HashMap works on the principles of hashing, due to which access to elements by key is achieved at best in constant time - O(1) .

HashMap stores ключ-значение type elements in an array:

 transient Node<K,V>[] table;

where Node<K,V> is an nested class with the following structure:

 static class Node<K,V> implements Map.Entry<K,V> { final int hash; final K key; V value; Node<K,V> next; ... }

As you can see, the Node<K,V> stores the hash, the key, the value and the link is not the next element (I will discuss this field further).

In hashing theory, there is such a thing as a collision - this is a phenomenon when the same hash code is obtained for different objects.

In Java, a hash code is of type int , therefore, the set of hash codes is limited to a set of values ​​of type int - [-2147483648;2147483647] .

The set of objects is limited only by your imagination, therefore, it is possible that different objects will have the same hash code.

In short, the process of adding a key-value pair to a HashMap as follows:

  1. If key == null , then the putForNullKey(...) method is putForNullKey(...) into which the value is passed.
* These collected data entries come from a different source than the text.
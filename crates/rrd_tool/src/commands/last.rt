//! `last`: prints the time of the last update (rrdlast).
ghost use Rattle.std.specs.Prelude.{Some, ◌++◌, ◌≤◌, codes, length};
ghost use Rattle.rrd_tool.specs.Names.{Writes};
ghost use Rattle.rrd_tool.specs.Words.{Executes};

use crate::Command;
use crate::execution::Outcome;
use arrayvec::ArrayString;
use itoa::Buffer;
use rrd_base::Database;
use rrd_fixed::{WriteFault, write_bytes};
use std::io::Write;

/// Writes a line with this text, of at most 40 bytes.
pub(crate) fn write_line<W: Write>(out: &mut W, text: &str) -> Result<(), WriteFault>
    requires { length text.now ≤ 40 }
    ensures { Writes (W.contents out.old) (W.contents out.new) (text.now ++ codes "\n") result }
{
    let mut line = ArrayString::<48>::new();
    line.push_str(text);
    line.push_str("\n");
    write_bytes(out, line.as_str().as_bytes())
}

/// Prints the time.
pub(crate) fn run<W: Write>(database: Database, out: &mut W) -> Outcome
    ensures { Executes (Some database) Command.Last (W.contents out.old) (W.contents out.new) result }
{
    let mut buffer = Buffer::new();
    let written = write_line(out, buffer.format(database.last()));
    Outcome::of_text(database, written)
}
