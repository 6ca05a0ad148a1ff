//! `create`: makes a database (rrdcreate).
ghost use Rattle.std.specs.Prelude.{IfOk, List, Option, map, ℕ};
ghost use Rattle.rrd_tool.specs.Names.{found_of, rows_of};
ghost use Rattle.rrd_tool.specs.Words.{HasApp, archive_of, create_app, create_of, definition_of, definitions_of, share_of, source_of, Executes, Meets};

use super::name::CommandName;
use crate::arguments::{letter_arg, many_arg, option_arg, text_of, texts_of};
use crate::execution::Outcome;
use crate::fields::{Field, cut, or_fault, read_or};
use crate::{Command, LineFault, Part};
use clap::ArgMatches;
use rrd_base::{CreateSpec, Database, DsDef, List, RraDef};
use rrd_fixed::{Kind, Name, read_number};
use rrd_fold::Function;
use std::alloc::{AllocError, Global};

/// Returns the shape of the command for clap.
pub(crate) fn shape<'a>(alloc: Global) -> Result<clap::Command<'a>, AllocError>
    ensures { IfOk result (HasApp create_app) }
{
    CommandName::Create
        .bare(alloc)
        .arg(letter_arg(alloc, "step", "step", 's'))?
        .arg(letter_arg(alloc, "start", "start", 'b'))?
        .arg(option_arg(alloc, "journal", "journal"))?
        .arg(many_arg(alloc, "definition"))
}

/// A definition of a new database.
#[derive(Drop)]
pub(crate) enum Definition {
    Source(DsDef),
    Archive(RraDef),
}

// Reads a share, in millionths.
impl Field for i128 {
    ghost meaning = { share_of };

    fn read(text: &str) -> Option<i128> {
        let number = read_number(text.as_bytes())?;
        Some(number.millionths)
    }
}

// Parses `name:type:heartbeat:min:max`.
impl Field for DsDef {
    ghost meaning = { source_of };

    fn read(text: &str) -> Option<DsDef> {
        let (name, rest) = cut(text)?;
        let name = Name::read(name)?;
        let (kind, rest) = cut(rest)?;
        let kind = Kind::read(kind)?;
        let (heartbeat, rest) = cut(rest)?;
        let heartbeat = u64::read(heartbeat)?;
        let (min, max) = cut(rest)?;
        let min = <Option<i128>>::read(min)?;
        let max = <Option<i128>>::read(max)?;
        Some(DsDef {
            name,
            kind,
            heartbeat,
            min,
            max,
        })
    }
}

// Parses `function:xff:steps:rows`.
impl Field for RraDef {
    ghost meaning = { archive_of };

    fn read(text: &str) -> Option<RraDef> {
        let (function, rest) = cut(text)?;
        let function = Function::read(function)?;
        let (xff, rest) = cut(rest)?;
        let xff = i128::read(xff)?;
        let (steps, rows) = cut(rest)?;
        let steps = u64::read(steps)?;
        let rows = u64::read(rows)?;
        Some(RraDef {
            function,
            xff,
            steps,
            rows,
        })
    }
}

// Parses `DS:` and a data source, or `RRA:` and an archive.
impl Field for Definition {
    ghost meaning = { definition_of };

    fn read(text: &str) -> Option<Definition> {
        let (tag, rest) = cut(text)?;
        if tag == "DS" {
            let source = DsDef::read(rest)?;
            Some(Definition::Source(source))
        } else if tag == "RRA" {
            let archive = RraDef::read(rest)?;
            Some(Definition::Archive(archive))
        } else {
            None
        }
    }
}

// Parses the definitions. Returns the data sources and the archives, each in their order.
fn definitions(alloc: Global, words: &[&str]) -> Result<(List<DsDef>, List<RraDef>), LineFault>
    ensures { Meets (definitions_of (map (λ w. w.now) words.now)) result }
{
    let mut sources = List::new(alloc);
    let mut archives = List::new(alloc);
    for (index, word) in words.iter().enumerate() {
        let definition = or_fault(Part::Definition, index as u64 + 1, Definition::read(word))?;
        let added = match definition {
            Definition::Source(source) => sources.push(source),
            Definition::Archive(archive) => archives.push(archive),
        };
        added?;
    }
    Ok((sources, archives))
}

/// Parses the values of the command's arguments.
pub(crate) fn read(alloc: Global, matches: &ArgMatches<'_>, now: u64) -> Result<Command, LineFault>
    ensures { Meets (create_of (rows_of (found_of matches.now)) now) result }
{
    let step = read_or(Part::Step, text_of(matches, "step"), 300)?;
    let start = read_or(
        Part::Start,
        text_of(matches, "start"),
        now.saturating_sub(10),
    )?;
    let depth = read_or(Part::Journal, text_of(matches, "journal"), 16)?;
    let (sources, archives) = match texts_of(matches, "definition") {
        None => (List::new(alloc), List::new(alloc)),
        Some(words) => definitions(alloc, words)?,
    };
    Ok(Command::Create(CreateSpec {
        step,
        start,
        depth,
        sources,
        archives,
    }))
}

/// Creates a database, and replaces the present one.
pub(crate) fn run(alloc: Global, database: Option<Database>, spec: CreateSpec) -> Outcome
    ensures { (c : Option (List ℕ)) → Executes database (Command.Create spec) c c result }
{
    match Database::create(alloc, spec) {
        Ok(made) => Outcome::Changed(made),
        Err(refusal) => Outcome::refused(database, refusal),
    }
}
This method adds key-value to the zero position of the array;

  2. If key != null , then the hash code of the key object is calculated, which is passed to the hash(...) method:

     static int hash(int h) { h ^= (h >>> 20) ^ (h >>> 12); return h ^ (h >>> 7) ^ (h >>> 4); }

  3. The hash code obtained from the hash(...) method is used to calculate the index of the array according to which you need to place this key-value pair:

     static int indexFor(int h, int length) { return h & (length-1); }

  4. If the resulting index in the array does not contain anything, then this pair is placed on this index.

  5. If there is already a pair (or pairs) on the resulting index, then a sequential bypass of all pairs is performed, checking the equality of the hash code and the key of the added pair with the corresponding values ​​of the pairs already in this basket. For comparison, the hash code is used == , and for comparison of the key == or key.equals(...) . If these parameters match, the element value is overwritten.

Thus, each element of the array (basket, bucket ) is a linked list ( linked list ), in which elements are sequentially stored.

From here it becomes clear that:

  • In the best case (when there is at most one element in one basket), the value by key can be obtained as O(1) ;
  • In the worst case (when all items are in the same basket, and the item you are looking for is the last one in the list), you can get the value by key for O(n) (since you have to go round all the items in the list).

One very important note

  • In JDK 7 and below, the linked list is used to store pairs in the same basket;

  • In JDK 8, a balanced tree is used for this purpose, therefore, in the worst case, the key value can be obtained as O(log n) .

It is possible that there are some inaccuracies in the text above, but in general, the HashMap algorithm works just like this.

I will not describe the answer to your immediate task, as I agree with the answer of my colleague.